Until now, the substance was mainly known for its effect on animals that try to attack Ecuadoran poison dart frogs.
“It’s a powerful neurotoxin that first hyperstimulates the nervous system in an extremely violent way and then shuts it down. So you’ll convulse and then become paralyzed, especially in terms of breathing,” said Jerome Langrand, director of the Paris poison control center.
But to the scientist, using this substance to poison Navalny is “quite unsettling.”
“One wonders, why choose this particular poison? If it was to conceal a poisoning, it’s not the best substance. Or is it meant to spread an atmosphere of fear, to reinforce an image of power and danger with the message: ‘We can poison anywhere and with anything’?” he said.

Russian ‘calling card’

For many experts, the use of poison bears a Russian signature.

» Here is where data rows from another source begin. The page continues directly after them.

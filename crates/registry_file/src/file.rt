//! A registry in memory, and the file of its journal.

ghost use Rattle.std.specs.Prelude.{◌≡◌, ◌⊎◌, ◌≤◌, ◌^◌, ◌++◌, [], ◌∷◌, Err, IfErr, OnErr, OnOk, true, false};
ghost use Rattle.take_journal.specs.Crash.{LeftByAppend, LeftByMending};
ghost use Rattle.take_journal.specs.Device.{AnyMoment, LeavesJust};
ghost use Rattle.take_journal.specs.Frames.{IsShort, recovered};
ghost use Rattle.take_journal.specs.Journal.{IsSettled, StandsFor, device_of, end_at, takes_more};
ghost use Rattle.registry_file.specs.Kept.{after, begun, kept_in};
ghost use Rattle.registry_file.specs.File.{IsBacked, IsJournalOf, LeftByMaking, LeftByPut, Shows, TellsWhy};
ghost use Rattle.registry_file.specs.File.{MayRefuse, is_out, journal_of, kept_by, told};
ghost use Rattle.registry_text.specs.RecordText.{FitsRecord, record_text};

use crate::whole::{replay, whole_texts};
use crate::{Registry, RegistryFault};
use registry_text::{Fleet, Record, are_short, one_record, write_record};
use std::alloc::Global;
use std::mem::replace;
use take_journal::{Device, Journal, JournalFault, OpenFault};

/// A registry in memory that writes what it keeps to a journal.
///
/// Memory keeps a record when the journal has it on the disk, and never before. A registry is *out* once its device
/// failed. Then it answers Failed to each record, and asks nothing of its device.
#[derive(Drop)]
pub struct RegistryFile<D: Device> {
    pub(crate) registry: Registry,
    pub(crate) journal: Journal<D>,
    /// The text of the last record. Its memory serves the next one.
    pub(crate) text: Vec<u8>,
    pub(crate) is_out: bool,
}

impl<D: Device> RegistryFile<D> {
    /// A registry that is out until its file is begun or opened. It takes no memory.
    pub fn new(alloc: Global, device: D) -> Self
        ensures out { is_out result ≡ true }
        ensures device { device_of (journal_of result) ≡ device }
        ensures closed { takes_more (journal_of result) ≡ false }
        ensures nothing { kept_by result ≡ begun (record { id = 0; options = [] }) }
    {
        RegistryFile {
            registry: Registry::new(
                alloc,
                Fleet {
                    id: 0,
                    options: Vec::new(alloc),
                },
            ),
            journal: Journal::new(device),
            text: Vec::new(alloc),
            is_out: true,
        }
    }

    /// Whether the registry is out.
    pub fn is_out(&self) -> bool
        ensures { result ≡ is_out self.now }
    {
        self.is_out
    }

    /// The journal of the registry.
    pub fn journal(&self) -> &Journal<D>
        ensures { result.now ≡ journal_of self.now }
    {
        &self.journal
    }

    /// What the registry keeps.
    pub fn registry(&self) -> &Registry
        ensures { kept_in result.now ≡ kept_by self.now }
    {
        &self.registry
    }

    /// Begins the registry's file, which is empty, for a store with this id and these options. One text is appended.
    /// The answer is `NoMemory` also if there are 2^16 options or more. After an `Err` the registry is out.
    pub fn begin(&mut self, alloc: Global, id: u64, options: &[u64]) -> Result<(), RegistryFault>
        requires closed { takes_more (journal_of self.old) ≡ false }
        requires empty { D.contents (device_of (journal_of self.old)) ≡ [] }
        requires durable { LeavesJust [] (D.may_leave (device_of (journal_of self.old))) }
        requires unfailed { D.has_failed (device_of (journal_of self.old)) ≡ false }

        ensures backed { IsBacked D.contents D.may_leave D.has_failed self.new }
        ensures begun { OnOk result ((is_out self.new ≡ false)
            × (kept_by self.new ≡ begun (record { id = id; options = options.now }))) }
        ensures out { OnErr result (is_out self.new ≡ true) }

        // A crash at any moment of the call leaves no texts, or the store's.
        ensures any_moment { AnyMoment D.clock D.left_since
            (LeftByMaking (begun (record { id = id; options = options.now })))
            (device_of (journal_of self.old)) (device_of (journal_of self.new)) }
    {
        self.is_out = true;
        let Ok(options) = options.to_vec(alloc) else {
            return Err(RegistryFault::NoMemory);
        };
        self.registry = Registry::new(alloc, Fleet { id, options });
        write_whole(alloc, &self.registry, &mut self.journal)?;
        self.is_out = false;
        Ok(())
    }

    /// Opens the registry's file, which has just these bytes, and takes over what it keeps. What a crash left torn at
    /// its end is cut off. After an `Err` the registry is out.
    pub fn open(&mut self, alloc: Global, bytes: &[u8]) -> Result<(), RegistryFault>
        requires closed { takes_more (journal_of self.old) ≡ false }
        requires bytes { bytes.now ≡ D.contents (device_of (journal_of self.old)) }
        requires durable { LeavesJust bytes.now (D.may_leave (device_of (journal_of self.old))) }
        requires unfailed { D.has_failed (device_of (journal_of self.old)) ≡ false }

        ensures backed { IsBacked D.contents D.may_leave D.has_failed self.new }
        ensures opened { OnOk result ((is_out self.new ≡ false) × Shows (kept_by self.new) bytes.now) }
        ensures out { OnErr result (is_out self.new ≡ true) }

        // A file is named damaged only if no crash can have left it.
        ensures refused { IfErr result (λ fault. TellsWhy fault bytes.now) }

        // A crash at any moment of the call leaves a file of the same texts, which can be opened if this one can.
        ensures any_moment { AnyMoment D.clock D.left_since (LeftByMending bytes.now)
            (device_of (journal_of self.old)) (device_of (journal_of self.new)) }
    {
        self.is_out = true;
        let texts = match self.journal.open(alloc, bytes) {
            Ok(texts) => texts,
            Err(fault) => return Err(told(fault)),
        };
        self.registry = replay(alloc, &texts)?;
        self.is_out = false;
        Ok(())
    }

    /// Writes all that the registry keeps to a new file: the store, a record for each journal and each least head, and
    /// the master and the format. One gate opens them all. The registry goes on with its own journal.
    pub fn copy_to(&self, alloc: Global, journal: &mut Journal<D>) -> Result<(), RegistryFault>
        requires closed { takes_more journal.old ≡ false }
        requires empty { D.contents (device_of journal.old) ≡ [] }
        requires durable { LeavesJust [] (D.may_leave (device_of journal.old)) }
        requires unfailed { D.has_failed (device_of journal.old) ≡ false }

        ensures copied { OnOk result
            (IsJournalOf D.contents D.may_leave D.has_failed (kept_by self.now) journal.new) }

        // Until the call is done, the new file has no texts, or it keeps all of it.
        ensures any_moment { AnyMoment D.clock D.left_since (LeftByMaking (kept_by self.now))
            (device_of journal.old) (device_of journal.new) }
    {
        write_whole(alloc, &self.registry, journal)
    }

    /// Goes on with another journal that keeps the same, and hands back its own. A registry that was out is back.
    pub fn go_on_with(&mut self, journal: Journal<D>) -> Journal<D>
        requires copied { IsJournalOf D.contents D.may_leave D.has_failed (kept_by self.old) journal }
        ensures backed { IsBacked D.contents D.may_leave D.has_failed self.new }
        ensures goes_on { is_out self.new ≡ false }
        ensures journal { journal_of self.new ≡ journal }
        ensures own { result ≡ journal_of self.old }
        ensures same { kept_by self.new ≡ kept_by self.old }
    {
        self.is_out = false;
        replace(&mut self.journal, journal)
    }

    /// Keeps what a record says, and has it on the disk before the answer is Ok. Two writes and two syncs. Only at Ok
    /// does what is kept change.
    ///
    /// After NoMemory and Full nothing changed. After Failed the registry is out.
    pub fn put(&mut self, alloc: Global, record: &Record) -> Result<(), RegistryFault>
        requires backed { IsBacked D.contents D.may_leave D.has_failed self.old }

        ensures backed { IsBacked D.contents D.may_leave D.has_failed self.new }
        ensures put { OnOk result (kept_by self.new ≡ after (kept_by self.old) record.now) }
        ensures refused { OnErr result (kept_by self.new ≡ kept_by self.old) }
        ensures unchanged { IfErr result (λ fault. (fault ≡ RegistryFault.Failed)
            ⊎ ((journal_of self.new ≡ journal_of self.old) × (is_out self.new ≡ is_out self.old))) }
        ensures only { IfErr result MayRefuse }
        ensures full { result ≡ Err RegistryFault.Full → 2 ^ 60 ≤ end_at (journal_of self.old) }

        // A crash at any moment of the call leaves what was kept before it, or what is kept after the record.
        ensures any_moment { is_out self.old ≡ false → AnyMoment D.clock D.left_since
            (LeftByPut (kept_by self.old) record.now)
            (device_of (journal_of self.old)) (device_of (journal_of self.new)) }

        // It gives up only if the device failed. A registry that is out does nothing, and stays out.
        ensures gives_up { is_out self.old ≡ false → result ≡ Err RegistryFault.Failed →
            D.has_failed (device_of (journal_of self.new)) ≡ true }
        ensures halted { is_out self.old ≡ true → (result ≡ Err RegistryFault.Failed) × (self.new ≡ self.old) }
        ensures failed { result ≡ Err RegistryFault.Failed → is_out self.new ≡ true }
        ensures goes_on { OnOk result (is_out self.new ≡ false) }
    {
        if self.is_out {
            return Err(RegistryFault::Failed);
        }
        // What is read back from the text is this record and no other, and the text fits a frame.
        one_record();
        are_short();
        if !spell(&mut self.text, record) || self.registry.reserve().is_err() {
            return Err(RegistryFault::NoMemory);
        }
        match write_down(&mut self.journal, alloc, &self.text) {
            Written::Done => {}
            Written::NoMemory => return Err(RegistryFault::NoMemory),
            Written::Full => return Err(RegistryFault::Full),
            Written::Unknown => {
                self.is_out = true;
                return Err(RegistryFault::Failed);
            }
        }
        self.registry.note(record);
        Ok(())
    }
}

/// Writes the text of a record in the place of another. The answer is false if there is no memory for it.
fn spell(text: &mut Vec<u8>, record: &Record) -> bool
    ensures text { result ≡ true → text.new.items ≡ record_text record.now }
    ensures fits { result ≡ true → FitsRecord record.now }
{
    text.clear();
    write_record(text, record).is_ok()
}

/// Makes the file of a journal: the texts that keep what a registry keeps, all behind one gate.
fn write_whole<D: Device>(
    alloc: Global,
    registry: &Registry,
    journal: &mut Journal<D>,
) -> Result<(), RegistryFault>
    requires closed { takes_more journal.old ≡ false }
    requires empty { D.contents (device_of journal.old) ≡ [] }
    requires durable { LeavesJust [] (D.may_leave (device_of journal.old)) }
    requires unfailed { D.has_failed (device_of journal.old) ≡ false }

    ensures whole { OnOk result (IsJournalOf D.contents D.may_leave D.has_failed (kept_in registry.now) journal.new) }
    ensures any_moment { AnyMoment D.clock D.left_since (LeftByMaking (kept_in registry.now))
        (device_of journal.old) (device_of journal.new) }
{
    let Ok(texts) = whole_texts(alloc, registry) else {
        return Err(RegistryFault::NoMemory);
    };
    if let Err(fault) = journal.open(alloc, &[]) {
        return Err(told(fault));
    }
    match journal.append_all(alloc, &texts) {
        Ok(()) => Ok(()),
        Err(fault) => Err(not_written(fault)),
    }
}

/// Why texts weren't written, as a fault of their registry.
fn not_written(fault: JournalFault) -> RegistryFault {
    match fault {
        JournalFault::NoMemory => RegistryFault::NoMemory,
        JournalFault::Full => RegistryFault::Full,
        JournalFault::Closed | JournalFault::Failed => RegistryFault::Failed,
    }
}

/// Why a journal wasn't opened, as a fault of its registry.
fn told(fault: OpenFault) -> RegistryFault
    ensures { result ≡ told fault }
{
    match fault {
        OpenFault::NoMemory => RegistryFault::NoMemory,
        OpenFault::OtherVersion => RegistryFault::OtherVersion,
        OpenFault::Damaged(at) => RegistryFault::Damaged(at),
        OpenFault::Failed => RegistryFault::Failed,
    }
}

/// What came of a text for a journal.
#[derive(Clone, Copy)]
enum Written {
    /// It is on the disk.
    Done,
    /// Nothing was done: memory ran out.
    NoMemory,
    /// Nothing was done: the journal is full.
    Full,
    /// It is on the disk or not: the device failed.
    Unknown,
}

/// Adds a text to a journal that takes more.
fn write_down<D: Device>(journal: &mut Journal<D>, alloc: Global, text: &[u8]) -> Written
    requires ready { takes_more journal.old ≡ true }
    requires settled { IsSettled D.contents D.may_leave D.has_failed (device_of journal.old) (end_at journal.old) }
    requires short { IsShort text.now }

    ensures done { result ≡ Written.Done → StandsFor D.contents D.may_leave D.has_failed journal.new
        (recovered (D.contents (device_of journal.old)) ++ text.now ∷ []) }
    ensures no_memory { result ≡ Written.NoMemory → journal.new ≡ journal.old }
    ensures full { result ≡ Written.Full → (journal.new ≡ journal.old) × (2 ^ 60 ≤ end_at journal.old) }
    ensures unknown { result ≡ Written.Unknown → D.has_failed (device_of journal.new) ≡ true }
    ensures any_moment { AnyMoment D.clock D.left_since
        (LeftByAppend (recovered (D.contents (device_of journal.old))) (text.now ∷ []))
        (device_of journal.old) (device_of journal.new) }
{
    match journal.append(alloc, text) {
        Ok(()) => Written::Done,
        Err(JournalFault::Failed) => Written::Unknown,
        Err(JournalFault::Full) => Written::Full,
        Err(_) => Written::NoMemory,
    }
}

“It’s something specific to the Soviet services. In the 1920s, Lenin created a poison laboratory called ‘Kamera’ (’chamber’ in Russian), Lab X. This laboratory grew significantly under Stalin, and then under his successors Khrushchev and Brezhnev... It was this laboratory that produced Novichok,” said Andrei Kozovoi, professor of Russian history at the University of Lille.
“The Russians don’t have a monopoly on it, but there is a dimension of systematization, with considerable resources put in place a very long time ago — the creation of the poison laboratory, which developed without any restrictions,” he added.
Even if a poisoning can fail — some targets survived, such as Yushchenko and Skripal — it also serves to send a message, and acted as “a calling card” left by the Russian services, according to Kozovoi.
“Poison is associated in the collective imagination and in psychology with a terrible, agonizing death. The use of chemical substances or poisons carries an explicit intention to terrorize the target and, in cases such as Litvinenko, Skripal or Navalny, to warn anyone who might be tempted to betray Mother Russia or become an opponent,” said Lepick.
“A neurotoxin, a radioactive substance, or a toxic substance is much more frightening than an explosive or being shot to death.”